Data shown –
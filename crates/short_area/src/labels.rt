ghost use Rattle.std.specs.Prelude.{ℕ, ◌≡◌, ◌≢◌, ◌↔◌, All, Contains, IfNone, IfOk, IfSome, IsTrue};
ghost use Rattle.geo_core.specs.declared.plane.Cell.{Cell};
ghost use Rattle.geo_core.specs.declared.plane.Labelled.{Labelled};
ghost use Rattle.union_area.specs.WindowParts.{HasAllOf};
ghost use Rattle.short_area.specs.Zones.{IsInTwoLabels};
ghost use Rattle.short_area.specs.inside.ZonesNearCells.{AreSplit, HaveNoThird, IsWholeIn};

use geo_core::{Labelled, Rect};
use lists::NoMemory;
use std::alloc::Global;
use union_area::fills;

/// The label of the first zone that has another one than this.
fn other_label(zones: &[Labelled], label: usize) -> Option<usize>
    ensures some { IfSome result (λ other. other ≢ label) }
    ensures none { IfNone result (All (λ zone. zone.label ≡ label) zones.now) }
{
    for zone in zones {
        if zone.label != label {
            return Some(zone.label);
        }
    }
    None
}

/// Two of the labels, where there are two.
pub fn two_labels(zones: &[Labelled]) -> Option<(usize, usize)>
    ensures some { IfSome result (λ labels. labels.0 ≢ labels.1) }
    ensures none { IfNone result ((c : Cell) → IsInTwoLabels zones.now c → ⊥) }
{
    let label = match zones.first() {
        None => 0,
        Some(zone) => zone.label,
    };
    match other_label(zones, label) {
        None => None,
        Some(other) => Some((label, other)),
    }
}

/// Whether each zone has one of these two labels.
pub fn have_no_third(zones: &[Labelled], one: usize, other: usize) -> bool
    ensures { IsTrue result ↔ HaveNoThird zones.now one other }
{
    for zone in zones {
        if zone.label != one && zone.label != other {
            return false;
        }
    }
    true
}

/// The label of a zone that has all cells of the window.
pub fn whole_label(zones: &[Labelled], window: Rect) -> Option<usize>
    ensures some { IfSome result (λ label. IsWholeIn window zones.now label) }

    // Without this one no zone might ever count as whole, and each window be halved down to its cells.
    ensures none { IfNone result (All (λ zone. HasAllOf window zone.rect → ⊥) zones.now) }
{
    for zone in zones {
        if fills(zone.rect, window) {
            return Some(zone.label);
        }
    }
    None
}

/// Whether a zone of another label has all cells of the window.
pub fn is_other_whole(zones: &[Labelled], window: Rect, label: usize) -> bool
    ensures whole { IsTrue result → (other : ℕ) × (label ≢ other) × IsWholeIn window zones.now other }
    ensures by_one { (zone : Labelled) → Contains zones.now zone → zone.label ≢ label → HasAllOf window zone.rect
        → IsTrue result }
{
    for zone in zones {
        if zone.label != label && fills(zone.rect, window) {
            return true;
        }
    }
    false
}

/// The rectangles of the zones with this label, and those of the others.
pub fn split(
    alloc: Global,
    zones: &[Labelled],
    label: usize,
) -> Result<(Vec<Rect>, Vec<Rect>), NoMemory>
    ensures { IfOk result (λ both. AreSplit zones.now label both.0.items both.1.items) }
{
    let mut own = Vec::new(alloc);
    let mut others = Vec::new(alloc);
    for zone in zones {
        if zone.label == label {
            own.push(zone.rect)?;
        } else {
            others.push(zone.rect)?;
        }
    }
    Ok((own, others))
}
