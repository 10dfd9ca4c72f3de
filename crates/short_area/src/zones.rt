ghost use Rattle.std.specs.Prelude.{ℤ, ℕ, ◌↔◌, ◌⊎◌, IfNone, IfOk, IfSome, OnOk};
ghost use Rattle.geo_core.specs.Bounds.{IsRadius};
ghost use Rattle.geo_core.specs.Cells.{Has};
ghost use Rattle.geo_core.specs.Intervals.{IsIn};
ghost use Rattle.geo_core.specs.declared.plane.Cell.{Cell};
ghost use Rattle.short_area.specs.Zones.{AreAlikeIn, AreZonesOf};
ghost use Rattle.short_area.specs.inside.ZonesNearCells.{GainsZone, IsInside, IsNearCell, IsNearPlaces};

use geo_core::{Interval, Labelled, Rect, clip};
use lists::NoMemory;
use std::alloc::Global;

/// The places within a window that are at most the radius from one of these.
fn near_places(places: Interval, within: Interval, radius: u32) -> Option<Interval>
    requires { IsRadius radius }
    ensures some { IfSome result (λ near. (x : ℤ) →
        IsIn near.low near.high x ↔ (IsNearPlaces places.low places.high radius x × IsIn within.low within.high x)) }
    ensures none { IfNone result ((x : ℤ) →
        IsNearPlaces places.low places.high radius x → IsIn within.low within.high x → ⊥) }
{
    let by = radius as i32;
    let low = (places.low - by).max(within.low);
    let high = (places.high + by).min(within.high);
    if low >= high {
        return None;
    }
    Some(Interval { low, high })
}

/// The cells of the window that are near the rectangle.
fn zone_of(rect: Rect, window: Rect, radius: u32) -> Option<Rect>
    requires { IsRadius radius }
    ensures { (c : Cell) → IsInside result c ↔ (IsNearCell rect radius c × Has window c) }
{
    let columns = near_places(rect.columns(), window.columns(), radius)?;
    let rows = near_places(rect.rows(), window.rows(), radius)?;
    Some(Rect::of(columns, rows))
}

/// Adds a zone with this label, where there is a rectangle.
fn add_zone(zones: &mut Vec<Labelled>, rect: Option<Rect>, label: usize) -> Result<(), NoMemory>
    ensures { OnOk result (GainsZone zones.old.items zones.new.items rect label) }
{
    if let Some(rect) = rect {
        zones.push(Labelled { rect, label })?;
    }
    Ok(())
}

/// The zones of those pieces that are near the window, with the labels of their pieces. The radius is in database units. The one
/// error is that no memory is left.
pub fn zones_of(
    alloc: Global,
    pieces: &[Labelled],
    window: Rect,
    radius: u32,
) -> Result<Vec<Labelled>, NoMemory>
    requires { IsRadius radius }
    ensures { IfOk result (λ zones. AreZonesOf pieces.now radius window zones.items) }
{
    let mut zones = Vec::with_capacity(alloc, pieces.len())?;
    for piece in pieces {
        add_zone(&mut zones, zone_of(piece.rect, window, radius), piece.label)?;
    }
    Ok(zones)
}

/// What the zones have in a part of the window. The one error is that no memory is left.
pub fn zones_in(alloc: Global, zones: &[Labelled], part: Rect) -> Result<Vec<Labelled>, NoMemory>
    ensures { IfOk result (λ inside. AreAlikeIn part zones.now inside.items) }
{
    let mut inside = Vec::with_capacity(alloc, zones.len() / 2)?;
    for zone in zones {
        add_zone(&mut inside, clip(zone.rect, part), zone.label)?;
    }
    Ok(inside)
}
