use geo_core::Labelled;

/// A label, and by how many zones it leads all others together.
#[derive(Clone, Copy)]
pub struct Lead {
    pub label: usize,
    pub zones: usize,
}

impl Lead {
    /// The same with one zone more, of this label.
    fn met(self, label: usize) -> Lead {
        if label == self.label {
            return Lead {
                label,
                zones: self.zones.saturating_add(1),
            };
        }
        if self.zones == 0 {
            return Lead { label, zones: 1 };
        }
        Lead {
            label: self.label,
            zones: self.zones - 1,
        }
    }
}

/// The label that leads all others together, where one does, and by how many zones. The one that is left over when zones of
/// different labels are taken away in pairs is the only one that can, and at least so many of its zones are left.
pub fn lead_of(zones: &[Labelled]) -> Lead {
    let mut lead = Lead { label: 0, zones: 0 };
    for zone in zones {
        lead = lead.met(zone.label);
    }
    lead
}
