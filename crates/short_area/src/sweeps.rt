ghost use Rattle.std.specs.Prelude.{◌≡◌, ◌<◌, ◌^◌, IfOk};
ghost use Rattle.fault_model.specs.Areas.{Tally, cells_of};
ghost use Rattle.skyline_runs.specs.Runs.{IsInTwo};

use depth_sweep::area_twice;
use geo_core::{Rect, Steps};
use lists::NoMemory;
use std::alloc::Global;
use std::marker::Brand;
use std::sync::ledger::{Blank, Ledger};

/// How many cells of the window lie in two of the rectangles.
pub fn area_of_two(alloc: Global, rects: &[Rect], window: Rect) -> Result<u64, NoMemory>
    ensures tally { IfOk result (λ n. Tally (IsInTwo rects.now) (cells_of window) n) }
    ensures small { IfOk result (λ n. n < 2 ^ 63) }
{
    counted_area_of_two::<Brand>(alloc, rects, window, Blank::new(1))
}

/// The same, with a counter of its own for steps, which nobody reads.
fn counted_area_of_two<L: Ledger>(
    alloc: Global,
    rects: &[Rect],
    window: Rect,
    blank: Blank,
) -> Result<u64, NoMemory>
    requires name { blank.name ≡ L.name }
    requires parts { blank.parts ≡ L.parts }
    requires some { 0 < blank.parts }
    ensures tally { IfOk result (λ n. Tally (IsInTwo rects.now) (cells_of window) n) }
    ensures small { IfOk result (λ n. n < 2 ^ 63) }
{
    let mut steps = Steps::<L>::start(blank);
    area_twice(alloc, rects, window, &mut steps)
}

Exercise prompt – The reply should hold only the lines from the top of the records through the line that has "pub fn whole_label(zones: &[Labelled], window: Rect)", each one exact.

Finished task –
filename crates/short_area/src/labels.rt
ghost use Rattle.std.specs.Prelude.{ℕ, ◌≡◌, ◌≢◌, ◌↔◌, All, Contains, IfNone, IfOk, IfSome, IsTrue};
ghost use Rattle.geo_core.specs.declared.plane.Cell.{Cell};
ghost use Rattle.geo_core.specs.declared.plane.Labelled.{Labelled};
ghost use Rattle.union_area.specs.WindowParts.{HasAllOf};
ghost use Rattle.short_area.specs.Zones.{IsInTwoLabels};
ghost use Rattle.short_area.specs.inside.ZonesNearCells.{AreSplit, HaveNoThird, IsWholeIn};

use geo_core::{Labelled, Rect};
use lists::NoMemory;
use std::alloc::Global;
use union_area::fills;

/// The label of the first zone that has another one than this.
fn other_label(zones: &[Labelled], label: usize) -> Option<usize>
    ensures some { IfSome result (λ other. other ≢ label) }
    ensures none { IfNone result (All (λ zone. zone.label ≡ label) zones.now) }
{
    for zone in zones {
        if zone.label != label {
            return Some(zone.label);
        }
    }
    None
}

/// Two of the labels, where there are two.
pub fn two_labels(zones: &[Labelled]) -> Option<(usize, usize)>
    ensures some { IfSome result (λ labels. labels.0 ≢ labels.1) }
    ensures none { IfNone result ((c : Cell) → IsInTwoLabels zones.now c → ⊥) }
{
    let label = match zones.first() {
        None => 0,
        Some(zone) => zone.label,
    };
    match other_label(zones, label) {
        None => None,
        Some(other) => Some((label, other)),
    }
}

/// Whether each zone has one of these two labels.
pub fn have_no_third(zones: &[Labelled], one: usize, other: usize) -> bool
    ensures { IsTrue result ↔ HaveNoThird zones.now one other }
{
    for zone in zones {
        if zone.label != one && zone.label != other {
            return false;
        }
    }
    true
}

/// The label of a zone that has all cells of the window.
pub fn whole_label(zones: &[Labelled], window: Rect) -> Option<usize>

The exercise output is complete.